IL N'Y A QUE TOI ET LES OISEAUX...
Cette femme sur ces photos, c’est Yvonne, ou plutôt c’était Yvonne…
Yvonne que je n’aurais jamais rencontrée, si, la bonne aubaine, on ne m’avait proposé dans les années « 80 », une superbe chambre mansardée de 8 m2 avec vue sur la cour et toilettes sur le palier, dans le faubourg du Temple à Paris. J’allais et venais de chez moi à mes cours de théâtre, au cirque où je gagnais ma vie en présentant le spectacle et vivais une vie de jeune homme de 22 ans.

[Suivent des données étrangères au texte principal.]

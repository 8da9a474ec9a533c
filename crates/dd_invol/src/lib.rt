//! The walk over the tables of involutions under a prefix of a code.
#![tactic(auto)]

mod cells;
mod laws;
mod next_table;
mod splits;
mod table_search;
mod tables;
mod walk;

pub use dd_branch_degrees::Table;
pub use dd_front_jobs::{child, is_opening, opening};
pub use laws::{each_least_code_begins_with_one_job, each_member_has_one_table};
pub use splits::children;
pub use tables::Tables;
pub use walk::{Walk, tables_under};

Elle, Yvonne avec ses 92 ans, passait le plus clair de son temps dans sa chambre à lire, à écrire, à écouter la radio, à préparer ses repas, mais surtout à rêver et à se réciter, pour la beauté du texte, et pour continuer à exercer sa mémoire, une tirade de Corneille, un poème de Rimbaud, si ce n’était une prière au bon Dieu. Car, toute croyante qu’elle était, elle avait depuis longtemps considéré que la maison de Dieu se trouve dans le cœur des hommes.

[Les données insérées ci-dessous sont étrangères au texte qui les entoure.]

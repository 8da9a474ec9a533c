ghost use Rattle.std.specs.Prelude.{◌≡◌, ◌+◌, ◌*◌, ◌≤◌, ℕ, List, [], ◌++◌};
ghost use Rattle.std.specs.List.{sum_by};
ghost use Rattle.dd_model.specs.Symbol.{Symbol, IsSymbol, IsChamber, degree};
ghost use Rattle.dd_model.specs.Code.{chambers};
ghost use Rattle.dd_model.specs.Flat.{Flat};
ghost use Rattle.dd_model.specs.declared.pair.Pair.TheVariants.{Tile, Vertex};
ghost use Rattle.dd_model.specs.Symbol.{Symbol};
ghost use Rattle.dd_model.specs.Wanted.{IsCatalogue};
ghost use Rattle.dd_model.specs.declared.jobs.Job.{Job};
ghost use Rattle.dd_model.specs.declared.requests.Request.{Request};
ghost use Rattle.dd_front_jobs.specs.Opening.{IsOpening};
ghost use Rattle.dd_model.specs.Text.{beginning};
ghost use Rattle.dd_model.specs.Joined.{AreUnderInTurn, joined, AreFirstMembers};
ghost use Rattle.dd_front.specs.declared.event.Event.{Event};
ghost use Rattle.dd_front.specs.Machine.{Machine, IsOpened};
ghost use Rattle.dd_front.specs.Step.{IsRun};

/// Let each chamber of a flat symbol have two shares, one for its tile and one for its vertex. Each
/// share is at most a fixed number divided by the degree there. Then twice the sum of all shares is
/// at most this number times the number of chambers.
pub fn flat_symbols_have_small_shares()
    ensures { (s : Symbol) (whole : ℕ) (tiles vertices : ℕ → ℕ) → IsSymbol s → Flat s
        → ((d : ℕ) → IsChamber s d → tiles d * degree s Tile d ≤ whole)
        → ((d : ℕ) → IsChamber s d → vertices d * degree s Vertex d ≤ whole)
        → 2 * (sum_by tiles (chambers s) + sum_by vertices (chambers s)) ≤ s.size * whole }
{}

/// The lists of what is under the jobs of an opening, one after the other, are the catalogue.
pub fn lists_under_an_opening_are_the_catalogue()
    ensures { (q : Request) (jobs : List Job) (lists : List (List Symbol)) → IsOpening q jobs
        → AreUnderInTurn q jobs lists → IsCatalogue q (joined lists) }
{}

/// What a front emits from the opening of a request and from the beginning on are the first members
/// of the catalogue, in order, whatever happens to it: each catalogue begins with them.
pub fn a_front_emits_the_first_members()
    ensures first { (q : Request) (jobs : List Job) (k : ℕ) (f g : Machine) (es : List Event)
        (out : List Symbol) → IsOpening q jobs → IsOpened q jobs beginning k f
        → IsRun f [] es g out → AreFirstMembers q out }
    ensures prefix { (q : Request) (jobs : List Job) (k : ℕ) (f g : Machine) (es : List Event)
        (out all : List Symbol) → IsOpening q jobs → IsOpened q jobs beginning k f
        → IsRun f [] es g out → IsCatalogue q all → (rest : List Symbol) × (all ≡ out ++ rest) }
{}
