ghost use Rattle.std.specs.Prelude.{◌≡◌, ◌≤◌};
ghost use Rattle.dd_model.specs.Request.{IsValid};
ghost use Rattle.dd_suite_tasks.specs.Lone.{IsLoneEnding, run_result};
ghost use Rattle.dd_suite_tasks.specs.Outside.{KeepsSure};

use dd_branch::Search;
use dd_catalogue_rounds::{Workshop, write_catalogue};
use dd_front_jobs::{Pace, Portion};
use dd_pages_and_checkpoints::{Finish, Run, RunFault};
use dd_ports::{Gate, Sink, SinkFault};
use dd_suite_tasks::Ending;
use std::sync::Wait;
use std::thread::Threads;

/// Writes a catalogue or a shard without a checkpoint.
pub(crate) fn write_lone<R: Threads + Wait + Sync, G: Gate + Sync, O: Sink>(
    workshop: &Workshop<'_, R, G>,
    portion: &Portion,
    pace: Pace,
    out: &mut O,
) -> Ending
    requires valid { IsValid portion.now.request }
    ensures ending { IsLoneEnding result portion.now (O.held out.old) (O.held out.new)
        (O.faults out.old) (O.faults out.new) }
    ensures count { O.faults out.old ≤ O.faults out.new }
    ensures sure { KeepsSure O.Sink out.old out.new result }
{
    let Ok(run) = Run::first(workshop.alloc, *portion, pace, None) else {
        return Ending::Memory;
    };
    let mut search = Search::new(&portion.request);
    let ended = write_catalogue(workshop, &mut search, &run, out);
    // It does not pause, so that no line is told.
    Ending::of_run(as_run(ended), 0)
}

/// Returns the same with the fault of a run.
fn as_run(ended: Result<Finish, SinkFault>) -> Result<Finish, RunFault>
    ensures { result ≡ run_result ended }
{
    match ended {
        Ok(finish) => Ok(finish),
        Err(SinkFault::Failed) => Err(RunFault::Sink),
        Err(SinkFault::Memory) => Err(RunFault::Memory),
    }
}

Sur ce point, il est vrai que la vie l’avait largement éprouvée, lui arrachant sa mère lors d’une opération de l’appendicite, puis quelques mois après son père qui, dans la force de l’âge, était fauché par un tramway. Et comble de l’horreur, son frère Pierre, qui était revenu de la guerre de 14, les poumons rongés par les gaz asphyxiants, et que durant deux ans elle avait soigné avec l’Amour qui n’évite pas la mort. Avec peut-être le même Amour dont elle aurait couvert celui qu’elle appelait son « promis », et qui, malgré son serment de retour, n’était devenu qu’un soldat inconnu, mort pour la France…

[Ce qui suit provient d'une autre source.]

//! The cells of three involutions whose images stand in one list.

ghost use Rattle.std.specs.Prelude.{◌≡◌, ◌↔◌, ℕ, ◌*◌, ◌≤◌, IsTrue, List, length};
ghost use Rattle.dd_model.specs.Symbol.{AreInvolutions, op};
ghost use Rattle.dd_model.specs.Cell.{IsLeastOfCell, AreCells};
ghost use Rattle.dd_model.specs.Wanted.{AtMost};
ghost use Rattle.dd_symbol.specs.Images.{of_rows};

use dd_branch_tables::place_of;
use dd_model::{Index, Pair};

/// The image of a chamber.
fn image_of(size: u8, images: &[u8], i: Index, chamber: u8) -> u8
    requires size { size ≤ 36 }
    requires whole { length images.now ≡ 3 * size }
    requires involutions { AreInvolutions (of_rows size images.now) }
    requires chamber { (1 ≤ chamber) × (chamber ≤ size) }
    ensures image { result ≡ op (of_rows size images.now) i chamber }
    ensures chamber { (1 ≤ result) × (result ≤ size) }
{
    images[place_of(i, chamber) as usize]
}

/// Returns whether a chamber is the least of its cell. The walk through the cell ends at a smaller
/// chamber, or where it comes back.
fn is_least_of_cell(size: u8, images: &[u8], pair: Pair, chamber: u8) -> bool
    requires size { size ≤ 36 }
    requires whole { length images.now ≡ 3 * size }
    requires involutions { AreInvolutions (of_rows size images.now) }
    requires chamber { (1 ≤ chamber) × (chamber ≤ size) }
    ensures { IsTrue result ↔ IsLeastOfCell (of_rows size images.now) pair chamber }
{
    let mut place = chamber;
    for _turn in 0..size {
        let neighbor = image_of(size, images, pair.first(), place);
        if neighbor < chamber {
            return false;
        }
        place = image_of(size, images, pair.second(), neighbor);
        if place < chamber {
            return false;
        }
        if place == chamber {
            return true;
        }
    }
    unreachable!()
}

/// The number of cells of a pair.
fn count(size: u8, images: &[u8], pair: Pair) -> u32
    requires size { size ≤ 36 }
    requires whole { length images.now ≡ 3 * size }
    requires involutions { AreInvolutions (of_rows size images.now) }
    ensures cells { (chambers : List ℕ) → AreCells (of_rows size images.now) pair chambers
        → result ≡ length chambers }
    ensures exist { (chambers : List ℕ) × AreCells (of_rows size images.now) pair chambers }
{
    let mut cells = 0;
    for k in 0..size {
        if is_least_of_cell(size, images, pair, k + 1) {
            cells += 1;
        }
    }
    cells
}

/// Returns whether a pair has at most `limit` cells, where 0 sets no limit. All images are in the
/// order of codes.
pub(crate) fn has_at_most(size: u8, images: &[u8], pair: Pair, limit: u32) -> bool
    requires size { size ≤ 36 }
    requires whole { length images.now ≡ 3 * size }
    requires involutions { AreInvolutions (of_rows size images.now) }
    ensures { IsTrue result ↔ AtMost (of_rows size images.now) pair limit }
{
    limit == 0 || count(size, images, pair) <= limit
}
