ghost use Rattle.std.specs.Prelude.{◌≡◌, ◌⊎◌, ◌≤◌, ℕ, List, [], true, map, length};
ghost use Rattle.std.specs.Rc.{rc_str_bytes};
ghost use Rattle.std.specs.Io.KnownBytes.{Appends};
ghost use Rattle.dd_ports.specs.Causes.{Rose};
ghost use Rattle.dd_ports.specs.Grows.{GrowsByPrefix};
ghost use Rattle.dd_ports.specs.Texts.{SameTexts};
ghost use Rattle.dd_model.specs.Symbol.{Symbol};
ghost use Rattle.dd_front_jobs.specs.declared.portions.Portion.{Portion};
ghost use Rattle.dd_front_jobs.specs.Portions.{ArePortionMembers};
ghost use Rattle.dd_check.specs.declared.checkpoint.ResumeKind.{ResumeKind};
ghost use Rattle.dd_pages_and_checkpoints.specs.MostLines.{most_lines};
ghost use Rattle.dd_suite_tasks.specs.Words.{Order, AskForRun, AskFor, AskToResume, NameFile, AreTaken};
ghost use Rattle.dd_suite_tasks.specs.Beginnings.{HoldsSomeCheck};
ghost use Rattle.dd_suite_tasks.specs.Runs.{IsCallOf};
ghost use Rattle.dd_suite_tasks.specs.Output.{IsFileOutput, IsKnownOutput, AppendsOutput};
ghost use Rattle.dd_suite_tasks.specs.Arguments.{AreRefused, AreHeld, IsFileAccepted, IsCheckAccepted};
ghost use Rattle.dd_suite_tasks.specs.Arguments.{KeepUnder, SameButKept};
ghost use Rattle.dd_suite_tasks.specs.Merges.{AskToMerge, IsMergeOfHeld};
ghost use Rattle.dd_suite_tasks.specs.MergeEndings.{IsMergeAccepted};
ghost use Rattle.dd_suite_tasks.specs.Cuts.{Pauses, CutsShort, IsEndOfOwn};
ghost use Rattle.dd_suite_tasks.specs.Messages.{TellsOf, stream_of};
ghost use Rattle.dd_suite_tasks.specs.Stops.{IsOutcome};
ghost use Rattle.dd_suite_tasks.specs.Outside.{before_of, after_of, KeepsSure};

use crate::exercise::write_exercise;
use crate::kept::write_kept;
use crate::lone::write_lone;
use crate::resume::resume;
use dd_catalogue_rounds::Workshop;
use dd_model::Memory;
use dd_ports::{Gate, Sink, Store};
use dd_suite_tasks::{Ending, Status, Task, read_task, tell, write_file, write_merge};
use std::alloc::Global;
use std::rc::RcStr;
use std::sync::Wait;
use std::thread::Threads;

/// All that the program does. It takes the words after its name, writes on `out`, and writes a line
/// about the status on `err`. A fault of `err` changes no status.
pub fn run<R: Threads + Wait + Sync, S: Store, O: Sink, E: Sink, G: Gate + Sync>(
    rt: &R,
    alloc: Global,
    words: &[RcStr],
    store: &mut S,
    out: &mut O,
    err: &mut E,
    gate: &G,
) -> Status
    // Whatever the status, a prefix of the output went out, and after Done the whole.
    ensures prefix { (bytes : List ℕ)
        → IsKnownOutput (map rc_str_bytes words.now) (S.tells store.old) (S.held store.old) bytes
        → GrowsByPrefix (O.held out.old) (O.held out.new) bytes }
    ensures whole { result ≡ Status.Done
        → AppendsOutput (map rc_str_bytes words.now) (S.tells store.old)
        (S.held store.old) (O.held out.old) (O.held out.new) }

    // A call with words of a run is a run from where it has to begin, which leaves a checkpoint if
    // it has a name for it. Else it wrote nothing and changed nothing.
    ensures call { (order : Order) → AskForRun (map rc_str_bytes words.now) order
        → IsCallOf order
        result
        (before_of S.Store O.Sink store.old out.old) (after_of S.Store O.Sink store.new out.new) }
    ensures not_resumed { (kind : ResumeKind) (name : List ℕ)
        → AskToResume (map rc_str_bytes words.now) kind name
        → (HoldsSomeCheck kind (S.tells store.old) (S.held store.old name) → ⊥)
        → Appends (O.held out.old) (O.held out.new) []
        × (S.tells store.old ≡ true → SameTexts (S.held store.old) (S.held store.new)) }

    ensures usage { result ≡ Status.Usage → ¬ AreTaken (map rc_str_bytes words.now) }
    ensures not_taken { (¬ AreTaken (map rc_str_bytes words.now))
        → (result ≡ Status.Usage) ⊎ (result ≡ Status.Memory) }

    // A refused command has written nothing, nor has one whose file has no text, whatever the
    // status. Without a name for checkpoints a fault of the store comes before anything is written.
    ensures refused { result ≡ Status.Refused
        → AreRefused (map rc_str_bytes words.now) (S.tells store.old) (S.held store.old) }
    ensures quiet { (result ≡ Status.Refused) ⊎ ((result ≡ Status.StoreFault)
        × ((name : List ℕ) → KeepUnder (map rc_str_bytes words.now) name → ⊥))
        → Appends (O.held out.old) (O.held out.new) [] }
    ensures nothing { NameFile (map rc_str_bytes words.now)
        → ((text : List ℕ) → IsFileOutput
        (map rc_str_bytes words.now) (S.tells store.old) (S.held store.old) text → ⊥)
        → Appends (O.held out.old) (O.held out.new) [] }
    ensures not_merged { (names : List (List ℕ)) → AskToMerge (map rc_str_bytes words.now) names
        → ((text : List ℕ) → IsMergeOfHeld names (S.tells store.old) (S.held store.old) text → ⊥)
        → Appends (O.held out.old) (O.held out.new) [] }

    ensures store { S.tells store.old ≡ true → (S.tells store.new ≡ true)
        × SameButKept (map rc_str_bytes words.now) (S.held store.old) (S.held store.new) }
    ensures store_count { S.faults store.old ≤ S.faults store.new }
    ensures sink_count { O.faults out.old ≤ O.faults out.new }
    ensures store_fault { result ≡ Status.StoreFault
        → Rose (S.faults store.old) (S.faults store.new) }
    ensures sink_fault { result ≡ Status.SinkFault → Rose (O.faults out.old) (O.faults out.new) }
    ensures store_sure { S.sure store.old ≡ true
        → AreHeld (map rc_str_bytes words.now) (S.tells store.old) (S.held store.old)
        → (S.faults store.new ≡ S.faults store.old) × (result ≡ Status.StoreFault → ⊥) }
    ensures sink_sure { O.sure out.old ≡ true
        → (O.faults out.new ≡ O.faults out.old) × (result ≡ Status.SinkFault → ⊥) }

    // A run pauses only if there are more lines than it is to write. It is cut short only if it has
    // lines of numbers over ten to the 18th, and then the lines before went out. After Done it has
    // neither.
    ensures paused { result ≡ Status.Paused
        → Pauses (map rc_str_bytes words.now) (S.tells store.old) (S.held store.old)
        (O.held out.old) (O.held out.new) }
    ensures cut_short { result ≡ Status.TooManyLines
        → CutsShort (map rc_str_bytes words.now) (S.tells store.old) (S.held store.old)
        (O.held out.old) (O.held out.new) }
    ensures not_cut { result ≡ Status.Done → (p : Portion) (members : List Symbol)
        → AskFor (map rc_str_bytes words.now) p → ArePortionMembers p members
        → length members ≤ most_lines }

    // Taken words end as Done, as paused or as cut short if the file, the checkpoint or the files
    // of a merge are accepted and no count of faults increased, unless it is out of memory.
    ensures complete { AreTaken (map rc_str_bytes words.now)
        → IsFileAccepted (map rc_str_bytes words.now) (S.tells store.old) (S.held store.old)
        → IsCheckAccepted (map rc_str_bytes words.now) (S.tells store.old) (S.held store.old)
        → IsMergeAccepted (map rc_str_bytes words.now) (S.tells store.old) (S.held store.old)
        → (¬ Rose (S.faults store.old) (S.faults store.new))
        → (¬ Rose (O.faults out.old) (O.faults out.new))
        → IsEndOfOwn result ⊎ (result ≡ Status.Memory) }

    // `err` has the whole line of the ending. It has a prefix of it if a write on `err` failed or
    // ran out of memory, or if there was no memory to make the line of a refusal.
    ensures err { TellsOf result
        (map rc_str_bytes words.now) (S.tells store.old) (S.held store.old)
        (stream_of E.Sink err.old) (stream_of E.Sink err.new) }
    ensures err_count { E.faults err.old ≤ E.faults err.new }
{
    let ending = perform(&Workshop { rt, alloc, gate }, words, store, out);
    let _ = tell(alloc, ending, err);
    ending.status()
}

/// Does what the words ask for.
fn perform<R: Threads + Wait + Sync, S: Store, O: Sink, G: Gate + Sync>(
    workshop: &Workshop<'_, R, G>,
    words: &[RcStr],
    store: &mut S,
    out: &mut O,
) -> Ending
    ensures outcome { IsOutcome (map rc_str_bytes words.now)
        result
        (before_of S.Store O.Sink store.old out.old) (after_of S.Store O.Sink store.new out.new) }
    ensures tells { S.tells store.old ≡ true → S.tells store.new ≡ true }
    ensures store_count { S.faults store.old ≤ S.faults store.new }
    ensures sink_count { O.faults out.old ≤ O.faults out.new }
    ensures store_sure { S.sure store.old ≡ true
        → AreHeld (map rc_str_bytes words.now) (S.tells store.old) (S.held store.old)
        → (S.faults store.new ≡ S.faults store.old) × (result ≡ Ending.StoreFault → ⊥) }
    ensures sink_sure { KeepsSure O.Sink out.old out.new result }
{
    let alloc = workshop.alloc;
    let task = match read_task(alloc, words) {
        Ok(Some(task)) => task,
        Ok(None) => return Ending::Usage,
        Err(Memory) => return Ending::Memory,
    };
    match task {
        Task::Alone(portion, pace) => write_lone(workshop, &portion, pace, out),
        Task::Kept {
            portion,
            name,
            pace,
            pause,
        } => write_kept(workshop, &portion, name.as_str(), pace, pause, store, out),
        Task::Resume {
            kind,
            name,
            pace,
            pause,
        } => resume(workshop, kind, name.as_str(), pace, pause, store, out),
        Task::OnFile(command, name) => write_file(alloc, command, name.as_str(), store, out),
        Task::Merge(names) => write_merge(workshop.rt, alloc, names.as_slice(), store, out),
        Task::Exercise { start, count } => write_exercise(alloc, start, count, out),
    }
}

C’est dans ce couloir aux tomettes usées qu’elle empruntait plusieurs fois par jour pour se rendre à ce qu’elle appelait « La fontaine », et qui n’était autre qu’un point d’eau, qu’elle me proposa de venir prendre le thé chez elle. En entrant ce jour-là-là dans sa chambre, j’entrais pour toujours dans sa vie. Sa chambre de 6 m2 sans aucun confort, ni eau ni électricité, sa chambre avec un lit, une table, une chaise et une petite armoire, et le long d’un mur au-dessus du lit, une étagère bancale, surchargée de papiers et de boîtes : tout un passé, plié, enveloppé !!!
Dans cette chambre, où sur un camping-gaz chauffait l’eau pour le thé, auquel il était indispensable d’ajouter un croissant tartiné de rillettes, nous nous sommes parlé. Je lui ai parlé du théâtre, elle m’a parlé « des grands » qu’elle avait vus jouer. Je lui ai parlé de la vie, et plus précisément du mal de vivre, elle m’a dit : « La vie est l’école des âmes et l’âme est la substance de Dieu, impondérable, mais réelle, partout au sein de l’univers. C’est elle qui fait échec au démon de l’ordure. Il faut être petit avant d’être grand ».
L’amitié était née, il ne nous suffisait plus de parler, nous allions jusqu’à faire circuler un cahier de porte-à-porte sur lequel des écrits sur la mort, sur l'Amour, sur l'humilité, venaient s'intercaler entre les articles de journaux et les recettes de cuisine. Car, pour elle, manger rimait avec santé.